Como poeta entonces, hago uso de este castellano enriquecido que al oficiar de traductora o “lengua” se me despliega en toda su riqueza. Abordar el habla propia con el ramillete de otras lenguas en la mano, me abre necesariamente a otras realidades y fija en mí una idea respecto de las palabras y su respiración que me parece imposible desdeñar.  Es, creo, el mestizaje y no la pureza, el que produce el humus nutricio donde florece la lengua. Encontrar las palabras y escribir en medio de ese cruce, es para mí un privilegio. Es en ese maremágnum de experiencias, donde ver, asombrarse y/o denunciar se torna posible. Así, gracias al buen abuso del quinto sentido que Mistral nos señala en sus escritos, es posible recalar abierta en puertos lejanos o hundidos para hacerlos retumbar entre las manos del territorio propio. Es lo que nos acerca en algo, a lo antes indecible. La traducción, oficio que amo, resulta comenzar para mí, tal como la poesía, en una obsesión.  Es decir, en un proceso que atrapa lo que antes sólo era olfato y mantenía a mi nariz hozando en tierra conocida. Pienso entonces, que, así como la poesía es un impulso inevitable por expresar realidades concretas o imaginarias, la traducción es un esfuerzo por decir y atrapar en el lenguaje propio los mundos que otras lenguas y seres encontraron. En ambos casos, la lengua propia es penetrada y fecundada por actores palabrísticos foráneos que guardan estrecha relación con una necesidad viva y presente. En ambos casos también, mis sentidos anotan y recorren espacios que la palabra cuartea. Es allí donde ella empuja y transgrede.  Donde se encuentran las herramientas posibles de la resistencia. Donde florece el sueño. Agente y custodio activo de un territorio que se define día a día, la lengua propia es también y muy fundamentalmente, el resultado natural de nuestra relación con la geografía y el paisaje humano que habitamos. La lengua y el territorio son asuntos indisociables y dan cuenta de una realidad única siempre en proceso de cambio.  Somos, en lo más íntimo, un ojo expuesto al espacio y al tiempo que nuestro cuerpo ocupa. 

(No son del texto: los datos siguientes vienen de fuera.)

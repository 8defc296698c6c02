//! Keys of methods: a method is known by the number of the first one of its name and number of parameters.

ghost use Rattle.std.specs.Prelude.{◌≡◌, ◌<◌, ◌^◌, [], List as Items, ℕ, bytes_eq, length, get_or, map, Some, IfOk};
ghost use Rattle.std.specs.List.{All};
ghost use Rattle.jesc_classes.specs.Named.{find as find_name};
ghost use Rattle.jesc_members.specs.Counts.{AreCounted, Label, TakesCount, alike, found_in};
ghost use Rattle.jesc_members.specs.Keys.{HasKeys, HasNames};
ghost use Rattle.jesc_lookup.specs.Layers.{first_keyed};

use crate::keys::{empty_rows, take_up};
use crate::methods::GivenMethod;
use jesc_classes::Table;
use jesc_text::{List, OutOfMemory};
use std::alloc::Global;

/// The keys of methods by name and number of parameters.
#[derive(Drop)]
pub struct MethodKeys<'a> {
    /// The first method of each name.
    names: Table<'a, u32>,
    /// Of the first method of each name, the first ones of that name with each number of parameters.
    rows: Vec<List<u32>>,
    /// The number of parameters of each method.
    counts: List<usize>,
}

/// The key of each method, and the keys by name.
#[derive(Drop)]
pub struct KeyedMethods<'a> {
    pub by_name: MethodKeys<'a>,
    pub keys: List<u32>,
}

impl<'a> MethodKeys<'a> {
    /// The key of a name and a number of parameters. Takes no memory.
    pub fn find(&self, name: &[u8], count: usize) -> Option<u32>
        requires names { (row : ℕ) → find_name name.now self.now.names ≡ Some row → row < length self.now.rows.items }
        requires rows { All (All (λ i. i < length self.now.counts)) self.now.rows.items }
        ensures { result ≡ found_in self.now.counts self.now.rows.items (find_name name.now self.now.names) count }
    {
        match self.names.get(name) {
            Some(row) => first_counted(
                self.counts.as_slice(),
                self.rows[row as usize].as_slice(),
                count,
            ),
            None => None,
        }
    }
}

/// The keys of these methods. Answers `OutOfMemory` where there is no room for the tables.
pub fn method_keys<'a>(
    alloc: Global,
    methods: &[GivenMethod<'a>],
) -> Result<KeyedMethods<'a>, OutOfMemory>
    requires { length methods.now < 2 ^ 32 }
    ensures names { IfOk result (λ k. HasNames k.by_name.names (map (λ m. m.tree.now.name.text) methods.now)) }
    ensures counts { IfOk result (λ k. k.by_name.counts ≡ map (λ m. length m.tree.now.params) methods.now) }
    ensures rows { IfOk result (λ k. AreCounted k.by_name.counts (length methods.now) (map (λ m. (m.tree.now.name.text, length m.tree.now.params)) methods.now) k.by_name.rows.items) }
    ensures keys { IfOk result (λ k. HasKeys Label alike (map (λ m. (m.tree.now.name.text, length m.tree.now.params)) methods.now) k.keys) }
{
    let counts = method_counts(alloc, methods)?;
    let each_count = counts.as_slice();
    let mut names = Table::new(alloc);
    let mut rows = empty_rows(alloc, methods.len())?;
    let mut keys = List::new(alloc);
    for (i, method) in methods.iter().enumerate() {
        let name = take_up(&mut names, method.tree.name.text.as_slice(), i as u32)?;
        let key = take_count(each_count, &mut rows, name, i as u32)?;
        keys.push(key)?;
    }
    Ok(KeyedMethods {
        by_name: MethodKeys {
            names,
            rows,
            counts,
        },
        keys,
    })
}

/// The number of parameters of each method.
fn method_counts(alloc: Global, methods: &[GivenMethod<'_>]) -> Result<List<usize>, OutOfMemory>
    ensures { IfOk result (λ counts. counts ≡ map (λ m. length m.tree.now.params) methods.now) }
{
    let mut counts = List::new(alloc);
    for method in methods {
        counts.push(method.tree.params.len())?;
    }
    Ok(counts)
}

/// Takes up the next method among those of its name, where none before has its number of parameters, and answers the key.
fn take_count(
    counts: &[usize],
    rows: &mut Vec<List<u32>>,
    name: u32,
    item: u32,
) -> Result<u32, OutOfMemory>
    requires name { name < length rows.old.items }
    requires item { item < length counts.now }
    requires small { All (All (λ i. i < length counts.now)) rows.old.items }
    ensures { IfOk result (λ key. TakesCount counts.now rows.old.items name item rows.new.items key) }
{
    let row = rows[name as usize].as_slice();
    match first_counted(counts, row, counts[item as usize]) {
        Some(key) => Ok(key),
        None => {
            rows[name as usize].push(item)?;
            Ok(item)
        }
    }
}

/// The first of these methods that has so many parameters.
fn first_counted(counts: &[usize], row: &[u32], count: usize) -> Option<u32>
    requires { All (λ i. i < length counts.now) row.now }
    ensures { result ≡ first_keyed counts.now count row.now }
{
    for item in row {
        if counts[*item as usize] == count {
            return Some(*item);
        }
    }
    None
}
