//! The fields that the given classes declare.

ghost use Rattle.std.specs.Prelude.{◌≡◌, ◌+◌, ◌++◌, map, IfOk, OnOk};
ghost use Rattle.jesc_classes.specs.Sources.{seen};
ghost use Rattle.jesc_members.specs.Fields.{field_in, fields_in, fields_of, is_model};
ghost use Rattle.jesc_members.specs.GivenMembers.{listed};
ghost use Rattle.jesc_members.specs.Seen.{seen_field};

use jesc_ast::{FieldTree, MemberNode, MemberTree};
use jesc_classes::{Classes, GivenClass, stands_in};
use jesc_text::{List, OutOfMemory};
use std::alloc::Global;

/// The place of the last given class that has a number.
const LAST_PLACE: usize = u32::MAX as usize - 7;

/// A field, with its class and that class's number.
#[derive(Drop, Clone, Copy)]
pub struct GivenField<'a> {
    pub number: u32,
    pub class: GivenClass<'a>,
    /// Whether it is a ghost or model field.
    pub is_spec: bool,
    pub tree: &'a FieldTree,
}

/// The fields of these classes in source order.
///
/// Answers `OutOfMemory` where there is no room for the list, or where the number of a class is no `u32`.
pub fn given_fields<'a>(
    alloc: Global,
    classes: &Classes<'a>,
) -> Result<List<GivenField<'a>>, OutOfMemory>
    ensures { IfOk result (λ fields. map seen_field fields ≡ fields_of classes.now) }
{
    let mut fields = List::new(alloc);
    for (place, class) in classes.list().iter().enumerate() {
        add_fields(class_number(place)?, class, &mut fields)?;
    }
    Ok(fields)
}

/// The number of the given class at that place. Answers `OutOfMemory` where it is no `u32`.
pub fn class_number(place: usize) -> Result<u32, OutOfMemory>
    ensures { IfOk result (λ number. number ≡ 7 + place) }
{
    if place > LAST_PLACE {
        return Err(OutOfMemory);
    }
    Ok(7 + place as u32)
}

/// Appends the fields of a class.
fn add_fields<'a>(
    number: u32,
    class: &GivenClass<'a>,
    fields: &mut List<GivenField<'a>>,
) -> Result<(), OutOfMemory>
    ensures { OnOk result (map seen_field fields.new ≡ map seen_field fields.old ++ fields_in number (seen class.now) class.now.tree.now.members) }
{
    for member in class.tree.members.as_slice() {
        if let Some(field) = field_of(number, class, member) {
            fields.push(field)?;
        }
    }
    Ok(())
}

/// The field that a member is.
fn field_of<'a>(
    number: u32,
    class: &GivenClass<'a>,
    member: &'a MemberTree,
) -> Option<GivenField<'a>>
    ensures { listed seen_field result ≡ field_in number (seen class.now) member.now.node }
{
    let (is_spec, tree) = match member.node.get() {
        MemberNode::Field(tree) => (false, tree.get()),
        MemberNode::SpecField(tree) => (true, tree.get()),
        MemberNode::Empty => return None,
        MemberNode::Invariant(_) => return None,
        MemberNode::Represents(_) => return None,
        MemberNode::Method(_) => return None,
        MemberNode::Constructor(_) => return None,
    };
    Some(GivenField {
        number,
        class: *class,
        is_spec,
        tree,
    })
}

/// Whether it is a model field.
pub fn is_model(field: &GivenField<'_>) -> bool
    ensures { result ≡ is_model (seen_field field.now) }
{
    field.is_spec && stands_in(field.tree.modifiers.as_slice(), b"model")
}
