//! Whether two methods have the same signature.

ghost use Rattle.std.specs.Prelude.{◌≡◌, ◌↔◌, true, map};
ghost use Rattle.jesc_members.specs.Signatures.{typed};
ghost use Rattle.jesc_members.specs.Methods.{may_be_null, optional_written, signature, written};

use jesc_ast::{MethodTree, ParamTree, TypeTree, Word};
use jesc_classes::stands_in;

/// Whether the parameters have the same types, the results too, and null may stand in the same places.
pub fn is_same_signature(a: &MethodTree, b: &MethodTree) -> bool
    ensures { (result ≡ true) ↔ (signature a.now ≡ signature b.now) }
{
    are_same_params(a.params.as_slice(), b.params.as_slice())
        && is_same_result(&a.result, &b.result)
        && is_nullable(a.modifiers.as_slice()) == is_nullable(b.modifiers.as_slice())
}

fn are_same_params(a: &[ParamTree], b: &[ParamTree]) -> bool
    ensures { (result ≡ true) ↔ (map typed a.now ≡ map typed b.now) }
{
    if a.len() != b.len() {
        return false;
    }
    for (i, param) in a.iter().enumerate() {
        if !is_same_param(param, &b[i]) {
            return false;
        }
    }
    true
}

fn is_same_param(a: &ParamTree, b: &ParamTree) -> bool
    ensures { (result ≡ true) ↔ (typed a.now ≡ typed b.now) }
{
    is_same_type(&a.ty, &b.ty)
        && is_nullable(a.modifiers.as_slice()) == is_nullable(b.modifiers.as_slice())
}

fn is_same_type(a: &TypeTree, b: &TypeTree) -> bool
    ensures { (result ≡ true) ↔ (written a.now ≡ written b.now) }
{
    a.base.as_slice() == b.base.as_slice() && a.array == b.array
}

fn is_same_result(a: &Option<TypeTree>, b: &Option<TypeTree>) -> bool
    ensures { (result ≡ true) ↔ (optional_written a.now ≡ optional_written b.now) }
{
    match a {
        None => b.is_none(),
        Some(a) => match b {
            None => false,
            Some(b) => is_same_type(a, b),
        },
    }
}

/// Whether `nullable` is among the modifiers.
fn is_nullable(modifiers: &[Word]) -> bool
    ensures { result ≡ may_be_null modifiers.now }
{
    stands_in(modifiers, b"nullable")
}
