//! The model fields that each field names behind `in`.

ghost use Rattle.std.specs.Prelude.{ℕ, ◌≡◌, ◌↔◌, ◌<◌, ◌+◌, Some, length, map, IfOk};
ghost use Rattle.std.specs.List.{Contains};
ghost use Rattle.jesc_members.specs.Fields.{fields_of, is_model as is_model_field};
ghost use Rattle.jesc_members.specs.GroupGraph.{AreGroups};
ghost use Rattle.jesc_members.specs.Groups.{NamesModel};
ghost use Rattle.jesc_members.specs.GroupTables.{Names};
ghost use Rattle.jesc_members.specs.Seen.{seen_field};

use crate::fields::{GivenField, is_model};
use crate::inherit::Inheritance;
use jesc_ast::Word;
use jesc_text::{List, OutOfMemory};
use std::alloc::Global;

/// Of each field by number, the numbers of the model fields that it names.
///
/// Answers `OutOfMemory` where there is no room for the lists.
pub fn group_graph(
    alloc: Global,
    inheritance: &Inheritance<'_>,
    fields: &[GivenField<'_>],
) -> Result<List<List<u32>>, OutOfMemory>
    requires fields { map seen_field fields.now ≡ fields_of inheritance.now }
    ensures { IfOk result (AreGroups inheritance.now) }
{
    let models = models_of(alloc, fields)?;
    let mut graph = List::new(alloc);
    for field in fields {
        graph.push(groups_of(alloc, inheritance, models.as_slice(), field)?)?;
    }
    Ok(graph)
}

/// Of each field, whether it is a model field.
fn models_of(alloc: Global, fields: &[GivenField<'_>]) -> Result<List<bool>, OutOfMemory>
    ensures { IfOk result (λ models. models ≡ map is_model_field (map seen_field fields.now)) }
{
    let mut models = List::new(alloc);
    for field in fields {
        models.push(is_model(field))?;
    }
    Ok(models)
}

/// The numbers of the model fields that a field names.
fn groups_of(
    alloc: Global,
    inheritance: &Inheritance<'_>,
    models: &[bool],
    field: &GivenField<'_>,
) -> Result<List<u32>, OutOfMemory>
    requires models { models.now ≡ map is_model_field (fields_of inheritance.now) }
    requires class { field.now.number < length inheritance.now + 7 }
    ensures { IfOk result (λ groups. (g : ℕ) → Contains groups g ↔ Names inheritance.now field.now.number field.now.tree.now.groups g) }
{
    let mut groups = List::new(alloc);
    for word in field.tree.groups.as_slice() {
        if let Some(group) = model_named(inheritance, models, field.number, word.text.as_slice()) {
            groups.push(group)?;
        }
    }
    Ok(groups)
}

/// The number of the model field that a name means in the class.
fn model_named(
    inheritance: &Inheritance<'_>,
    models: &[bool],
    class: u32,
    name: &[u8],
) -> Option<u32>
    requires models { models.now ≡ map is_model_field (fields_of inheritance.now) }
    requires class { class < length inheritance.now + 7 }
    ensures { (g : ℕ) → (result ≡ Some g) ↔ NamesModel inheritance.now class name.now g }
{
    match inheritance.field(class, name) {
        Some(group) => {
            if models[group as usize] {
                Some(group)
            } else {
                None
            }
        }
        None => None,
    }
}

            De modo similar ocurre también con la Academia Chilena de la Lengua, hija de aquella del norte y resultado de ricas y violentas fecundaciones perpetuadas por los distintos hablantes de nuestro territorio. Academia, la nuestra, que reconoce su rostro en el espejo de ultramar, pero que, preñada aquí, se integra a esta tierra y deviene en hija adulta. A esta hija, ahora madre, le corresponde criar y acoger a los recién llegados de otras tierras. Estoy segura de que éstos, como cualquier criatura recién venida al mundo, contribuyen a abrir los ojos de esta madre para que ella vuelva a ver como por primera vez y proceda a nombrar. 

            Volvamos a la lengua que nos enuncia y nos relata.  El cómo la usamos, definitivamente crea una realidad. Los procesos de apertura antes mencionados, engrosan definitivamente la búsqueda enunciativa del habla, el canto y también de la escritura. Aumentan el caudal imaginativo propio. Los límites y las crecidas de los flujos del pensamiento y la intuición están dados por el lenguaje. Es por eso que insisto en la necesidad de encontrar esas fisuras que permitan el afloramiento de nuevos arroyos. Esto, porque cuando las palabras no alcanzan o no se escuchan, la violencia, ese lenguaje animal e innato a nosotros, se desata a destajo. Hace bien reflexionar en el poder de la palabra, que como todo poder, deviene fructífero cuando es bien aplicado y peligroso y reductor de sentidos cuando es mal usado.  No hay más que leer y/o escuchar el discurso de nuestro último dictador o el de esos otros instalados personajes, que hoy se nos imponen e introducen, más ladinamente en los tejidos de nuestra realidad. En ellos se acurruca el arma paralizante del miedo y la creencia de que lo deseado se encuentra a la vuelta de la esquina. Nada nuevo bajo el sol, pero hay que estar atentos.  Bueno es saber también que son estas mismas palabras, las que nos permiten nombrar a la pesadilla para hacerla luego asible y así actuar en concordancia. Entrar en ese lugar del lenguaje, es introducirse de lleno en la reserva nutriente de la esperanza, las ideas y la belleza a la vez que en su capacidad de lucha, denuncia, develamiento y resistencia.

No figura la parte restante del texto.